Her team’s mission is a crucial one – care for some of the most critically ill patients at IU Health Methodist Hospital.

The 34 beds inside the cardiovascular critical care unit are filled with people who’ve just had heart transplants and lung transplants and open heart surgeries.

Some days, that unit is filled with happiness and victories. Some days, the tears and the loss creep in.

And yet, somehow, Jones – the clinical manager of the CVCC unit – handles it all with ease. She is compassionate and upbeat. She is friendly and hands on.

Jones isn’t a bedside nurse anymore, but she can’t pull herself away from the bedside for good. On her shifts, Jones can often be found inside patients’ rooms, helping out.
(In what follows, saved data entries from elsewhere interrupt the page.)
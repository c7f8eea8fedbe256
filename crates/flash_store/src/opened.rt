// A write that is opened and advanced, for programs in C.
ghost use Rattle.std.specs.Prelude.{◌≡◌, length};
ghost use Rattle.chip_array.specs.Device.{setting};
ghost use Rattle.c_buffers.specs.Buffers.{geometry_of, lent, handed, PassedOn};
ghost use Rattle.flash_store.specs.Opened.{opening_result, opening_lent, advance_result, advance_handed, advancing_lent};

use crate::BAD_BUFFER;
use geometry::Geometry;

// Opens a write of one logical page. c/flash_store.h says what is lent.
#[unsafe(no_mangle)]
pub extern "C" fn flash_store_open_write(
    main: usize,
    spare: usize,
    pages: usize,
    blocks: usize,
    logical: usize,
    state: &mut [u8],
    interface: &mut [usize],
    array: &mut [u8],
    register: &mut [u8],
    history: &mut [u8],
    mask: &[u8],
    fates: &[u32],
    allowed: u32,
    sent: &mut [usize],
    block: usize,
    page: usize,
    bytes: &[u8],
) -> usize
    ensures sent_after { handed result (lent state.new interface.new array.new register.new history.new sent.new) ≡ opening_lent (setting (geometry_of main spare pages blocks logical) mask.now fates.now) (lent state.old interface.old array.old register.old history.old sent.old) allowed block page bytes.now }
    ensures passed_on { PassedOn (lent state.old interface.old array.old register.old history.old sent.old) (opening_result (setting (geometry_of main spare pages blocks logical) mask.now fates.now) (lent state.old interface.old array.old register.old history.old sent.old) allowed block page bytes.now) state.new }
{
    if !c_buffers::is_lent_rightly(state.len(), interface.len(), sent.len()) {
        return BAD_BUFFER;
    }
    let g = Geometry {
        main,
        spare,
        pages,
        blocks,
        logical,
    };
    let before = c_open::state_of(state);
    let write = c_open::write_of(state);
    let start = c_buffers::interface_of(interface);
    let ended = open_requests::open(
        before,
        write,
        &mut state[c_open::PAGE..c_open::KINDS],
        g,
        start,
        array,
        register,
        history,
        mask,
        fates,
        allowed,
        block,
        page,
        bytes,
    );
    let returned = ended.returned;
    let next = ended.write;
    c_buffers::hand_back(returned, next, false, state, interface, sent)
}

// Goes on with the write that is open.
#[unsafe(no_mangle)]
pub extern "C" fn flash_store_advance(
    main: usize,
    spare: usize,
    pages: usize,
    blocks: usize,
    logical: usize,
    state: &mut [u8],
    interface: &mut [usize],
    array: &mut [u8],
    register: &mut [u8],
    history: &mut [u8],
    mask: &[u8],
    fates: &[u32],
    allowed: u32,
    sent: &mut [usize],
    most: u64,
    finished: &mut [usize],
) -> usize
    ensures finished_after { advance_handed (handed result (lent state.new interface.new array.new register.new history.new sent.new)) finished.new ≡ advancing_lent (setting (geometry_of main spare pages blocks logical) mask.now fates.now) (lent state.old interface.old array.old register.old history.old sent.old) allowed most finished.old }
    ensures passed_on { length finished.old ≡ 1 → PassedOn (lent state.old interface.old array.old register.old history.old sent.old) (advance_result (setting (geometry_of main spare pages blocks logical) mask.now fates.now) (lent state.old interface.old array.old register.old history.old sent.old) allowed most).returned state.new }
{
    if !c_buffers::is_lent_rightly(state.len(), interface.len(), sent.len()) {
        return BAD_BUFFER;
    }
    if finished.len() != 1 {
        return BAD_BUFFER;
    }
    let g = Geometry {
        main,
        spare,
        pages,
        blocks,
        logical,
    };
    let before = c_open::state_of(state);
    let write = c_open::write_of(state);
    let start = c_buffers::interface_of(interface);
    let ended = open_requests::advance(
        before,
        write,
        &mut state[c_open::PAGE..c_open::KINDS],
        g,
        start,
        array,
        register,
        history,
        mask,
        fates,
        allowed,
        most,
    );
    finished[0] = ended.finished;
    let returned = ended.returned;
    let next = ended.write;
    c_buffers::hand_back(returned, next, false, state, interface, sent)
}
“I can’t think of anything more humbling than being a part of this,” says Jones, who has been in the CVCC unit 14 years. “It’s an honor. I have to get my hands in there. I feel like it’s part of me.” 

For Jones, it’s like therapy. A hectic, bad day can be turned into a good day just by doing something for a patient that makes them feel better.

That, after all, is why Jones got into this career in the first place – to help others.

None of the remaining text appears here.